KEY POINTS

  • More stores are embracing cryptocurrencies as a form of payment
  • The mattress store also accepts other cryptocurrencies as payment
  • Store owner Brooks Cunningham believes businesses should adapt to change

Shiba Inu coin holders can now spend their SHIB for a good night's sleep as Tennessee-based mattress store Beds To Go has started accepting the dog-themed tokens as payment.

The American mattress store announced on its checkout page that the Shiba Inu meme coin is now accepted as payment. The store highlighted that it is open to receiving cryptocurrencies through Coinbase.

Beds To Go has been in the industry for over three decades and apart from Shiba Inu, it also accepts Bitcoin, Ethereum, Litecoin and HEX as payment. "We are excited to offer our customers a wide variety of cryptocurrency payment options, including new exciting tokens like Shiba Inu," a spokesperson for the mattress store told Watcherguru.

The Most Memorable Persons Of The Crypto Space In 2021
The Most Memorable Persons Of The Crypto Space In 2021 Pixabay

Unfortunately, Beds To Go does not cater to worldwide shipping yet, which means the latest announcement is only applicable to customers within the U.S.

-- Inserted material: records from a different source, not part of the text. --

//! What the updates of an instance are made of: one method for each event, by the calls of `osb_update`.
ghost use Rattle.std.specs.Prelude.{◌≡◌, ◌≢◌, ◌&&◌, not, false, true, Option, Some, None, is_some, slice_get};
ghost use Rattle.std.specs.Prelude.{IfOk, IsOk, OnOk, OnErr};
ghost use Rattle.osb_network.specs.Steps.{step_of};
ghost use Rattle.osb_network.specs.declared.step.Step.{Step};
ghost use Rattle.osb_update.specs.Begun.{busy};
ghost use Rattle.osb_update.specs.Ended.{ended};
ghost use Rattle.osb_update.specs.Recorded as platform;
ghost use Rattle.osb_update.specs.Reported.{fetched, polled};
ghost use Rattle.osb_update.specs.declared.phase.UpdateBegun.{UpdateBegun};
ghost use Rattle.osb_update.specs.declared.settings.Settings.{Settings};
ghost use Rattle.osb_update_sides.specs.declared.asked.Asked.{Asked};
ghost use Rattle.osb_update_sides.specs.Cell.{no_updates};
ghost use Rattle.osb_update_sides.specs.Steps as spec;
ghost use Rattle.osb_update_sides.specs.declared.event.UpdatesEvent.{UpdatesEvent};

use crate::asked::asked_by;
use crate::truth::{is_at, is_settled, is_true_end, may_be_anothers};
use crate::{Asked, Life, Said, UpdateAsked, UpdateGiven, UpdatesEvent};
use osb_instance::Holding;
use osb_message::{Answer, Body, ErrorCode, Memory, Mode, PlanId, ServiceId};
use osb_network::Step;
use osb_update::{
    Allowed, Change, Fetched, Settings, Update, UpdateBegun, UpdateHolding, UpdateKind,
    UpdateOutcome, UpdatePhase, UpdateRecord,
};
use std::alloc::Global;
use std::marker::Model;

// All that there is of the updates of one instance.
#[derive(Drop)]
pub(crate) struct Parts {
    pub(crate) service: ServiceId,
    pub(crate) life: Life,
    pub(crate) recorded: UpdateRecord,
    pub(crate) held: UpdateHolding,
    pub(crate) worker: Option<u64>,
    pub(crate) settings: Option<Settings>,
    pub(crate) sent: Vec<UpdateAsked>,
    pub(crate) given: Vec<UpdateGiven>,
}

impl Model for Parts {
    ghost use Rattle.osb_update_sides.specs.Cell.{UpdatesCell};

    ghost Value = { UpdatesCell };

    ghost view = { λ p. record {
      service = p.service;
      life = p.life;
      recorded = p.recorded;
      held = p.held;
      worker = p.worker;
      settings = p.settings;
      sent = p.sent.items;
      given = p.given.items;
    } };
}

fn conflict() -> Answer
    ensures answer { result ≡ spec.conflict }
{
    Answer {
        status: 422,
        body: Body::Error(ErrorCode::Other),
    }
}

fn busy() -> Answer
    ensures answer { result ≡ busy }
{
    Answer {
        status: 422,
        body: Body::Error(ErrorCode::ConcurrencyError),
    }
}

// What a Fetch is answered with.
fn said_by(fetched: &Fetched) -> Said
    ensures said { result ≡ spec.said_by fetched.now }
{
    match fetched {
        Fetched::Found(settings, number) => Said::Found(*settings, *number),
        Fetched::Answered(answer) => Said::Answer(*answer),
    }
}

Beds To Go also placed a full-page advertisement in a local newspaper in November 2021 to inform its customers that it was accepting cryptocurrencies as payment.

The store was also featured in a segment of ABC News, where it was emphasized how people can now buy a mattress without touching their bank accounts. Store owner Brooks Cunningham believes businesses should adapt to change as the future is about innovation.

"In offering this new payment option we help advance the future and also broaden our customer base to a whole new audience," Cunningham told ABC. "If you accept crypto you just saved the consumer a lot of time and given them the option to use something maybe they didn't pay a lot of money for to buy something worth more money than he ever put into," Cunningham said.

Beds To Go is the latest business to accept SHIB as payment. Earlier, Australian energy company 1st Energy, SlingTV and SuperJeweler also accepted the dog-themed meme coin as payment.

Shiba Inu was trading down 2.45 percent at $0.00002228 with a 24-hour volume of $715,603,731 as of 2:09 a.m. ET on March 11, based on the data from CoinMarketCap.